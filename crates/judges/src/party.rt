// A party's own numbers: the stop, the words taken, the open command, the domain, the instruction format, what the party owns, the
// edition and the tallies.
ghost use Rattle.std.specs.Prelude.{◌≡◌, true, [], ◌<◌};
ghost use Rattle.command.specs.Kinds.{allowed, kind_of};
ghost use Rattle.state.specs.State.{born};
ghost use Rattle.state.specs.Cells.{party_of};
ghost use Rattle.judges.specs.Judged.{birth_by, closed_by, command_by, domain_by, open_by, open_from, owned_by, party_by, passed_at, running_by, tally_by};

use crate::settings;
use crate::tests::is_lawful;
use command::{kinds, table};
use state::{edition, own};

// "17: the session has taken 1,000,000,000 words".
const MOST_WORDS: u32 = 1000000000;

// A domain's columns and rows are below this.
const EXTENT: u32 = 4096;

// The most elements that one start claims.
const MOST_CLAIM: u64 = 268435456;

// Parameter `k` was taken and its kind allows it, or it hasn't come and is 0. It asks the kind and then the word, not
// `kinds::place_allowed`, which does both at every word: with a second caller that would be a call there.
fn passed(line: u32, count: u32, k: u32, word: u32) -> bool
    requires { (line < 21) × (k < 4) }
    ensures { result ≡ passed_at line count k word }
{
    if k < count {
        let kind = kinds::kind_at(line, k);
        kinds::is_allowed(kind, word)
    } else {
        word == 0
    }
}

// Whether an open command of a line has fewer parameters than the line, each of them passed.
fn is_open(line: u32, count: u32, p0: u32, p1: u32, p2: u32, p3: u32) -> bool
    requires { line < 21 }
    ensures { result ≡ open_by (open_from line count p0 p1 p2 p3) }
{
    let fewer = count < table::parameters(line);
    let first = passed(line, count, 0, p0);
    let second = passed(line, count, 1, p1);
    let third = passed(line, count, 2, p2);
    fewer & (first & (second & (third & (p3 == 0))))
}

// Whether the party may send the header of a line, and its number where that was taken.
fn is_owned(mine: u32, line: u32, count: u32, p0: u32) -> bool
    requires { (line < 21) × (0 < count → allowed (kind_of line 0) p0 ≡ true) }
    ensures { result ≡ owned_by mine line count p0 }
{
    if 0 < count {
        owners::may_open(mine, line) & owners::may_name(mine, line, 0, p0)
    } else {
        owners::may_open(mine, line)
    }
}

// Whether all of no open command is 0.
fn is_closed(line: u32, count: u32, p0: u32, p1: u32, p2: u32, p3: u32) -> bool
    ensures { result ≡ closed_by (open_from line count p0 p1 p2 p3) }
{
    (count == 0) & ((p0 == 0) & ((p1 == 0) & ((p2 == 0) & (p3 == 0))))
}

// Whether the open command of a line is one that the party can have sent, its words among those taken.
fn is_running(own: &[u32; state::OWN_CELLS]) -> bool
    requires { (party_of own.now []).opened.line < 21 }
    ensures { result ≡ running_by (party_of own.now []).stopped (party_of own.now []).taken (party_of own.now []).birth.mine (party_of own.now []).opened }
{
    let line = own[own::LINE];
    let count = own[own::COUNT];
    let first = own[own::PARAMETER_0];
    let open = is_open(
        line,
        count,
        first,
        own[own::PARAMETER_1],
        own[own::PARAMETER_2],
        own[own::PARAMETER_3],
    );
    if open {
        (own[own::STOPPED] == 0)
            & ((count < own[own::TAKEN]) & is_owned(own[own::MINE], line, count, first))
    } else {
        false
    }
}

// Whether no command is open, or one of a line that there is, in a party that isn't stopped.
fn is_command(own: &[u32; state::OWN_CELLS]) -> bool
    ensures { result ≡ command_by (party_of own.now []).stopped (party_of own.now []).taken (party_of own.now []).birth.mine (party_of own.now []).opened }
{
    if own[own::LINE] == own::NO_LINE {
        return is_closed(
            own::NO_LINE,
            own[own::COUNT],
            own[own::PARAMETER_0],
            own[own::PARAMETER_1],
            own[own::PARAMETER_2],
            own[own::PARAMETER_3],
        );
    }
    if own::NO_LINE < own[own::LINE] {
        return false;
    }
    is_running(own)
}

// Whether the domain's ends are in order and in range, and 0 where it isn't set.
fn is_domain(flag: u32, i0: u32, j0: u32, i1: u32, j1: u32) -> bool
    ensures { result ≡ domain_by (record { is_set = flag; i0 = i0; j0 = j0; i1 = i1; j1 = j1 }) }
{
    let ends = (i0 <= i1) & ((i1 < EXTENT) & ((j0 <= j1) & (j1 < EXTENT)));
    let zeros = (i0 == 0) & ((j0 == 0) & ((i1 == 0) & (j1 == 0)));
    ends & is_lawful(flag, zeros, true)
}

// Whether the words taken can have claimed so much.
fn is_tally(taken: u32, runs: u64, claims: u64) -> bool
    ensures { result ≡ tally_by (record { runs = runs; claims = claims }) taken }
{
    (runs <= taken as u64) & (claims <= taken as u64 * MOST_CLAIM)
}

// Whether a party's birth is one: numbers that there are, and an edition.
fn is_birth(mine: u32, edition: u32) -> bool
    ensures { result ≡ birth_by (born mine edition) }
{
    (mine <= owners::EVERYTHING) & edition::is_known(edition)
}

// Whether a party's own numbers but those of readiness are such as the entries leave.
pub fn is_kept(own: &[u32; state::OWN_CELLS], tallies: &[u64; state::TALLIES]) -> bool
    ensures { result ≡ party_by (party_of own.now tallies.now) }
{
    let taken = own[own::TAKEN];
    let flags = (own[own::STOPPED] <= 1) & (taken <= MOST_WORDS);
    let command = is_command(own);
    let domain = is_domain(
        own[own::DOMAIN],
        own[own::DOMAIN_I0],
        own[own::DOMAIN_J0],
        own[own::DOMAIN_I1],
        own[own::DOMAIN_J1],
    );
    let instructions = settings::is_row(
        own[own::INSTRUCTIONS],
        own[own::INSTRUCTIONS_BASE],
        own[own::INSTRUCTIONS_FORMAT],
        own[own::INSTRUCTIONS_HEIGHT],
    );
    let birth = is_birth(own[own::MINE], own[own::EDITION]);
    let tally = is_tally(taken, tallies[0], tallies[1]);
    flags & (command & (domain & (instructions & (birth & tally))))
}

_ _ _

### Task objective
Every line above that holds the word "owners" is to be found and copied.

### Problem solution
        owners::may_open(mine, line) & owners::may_name(mine, line, 0, p0)
        owners::may_open(mine, line)
    (mine <= owners::EVERYTHING) & edition::is_known(edition)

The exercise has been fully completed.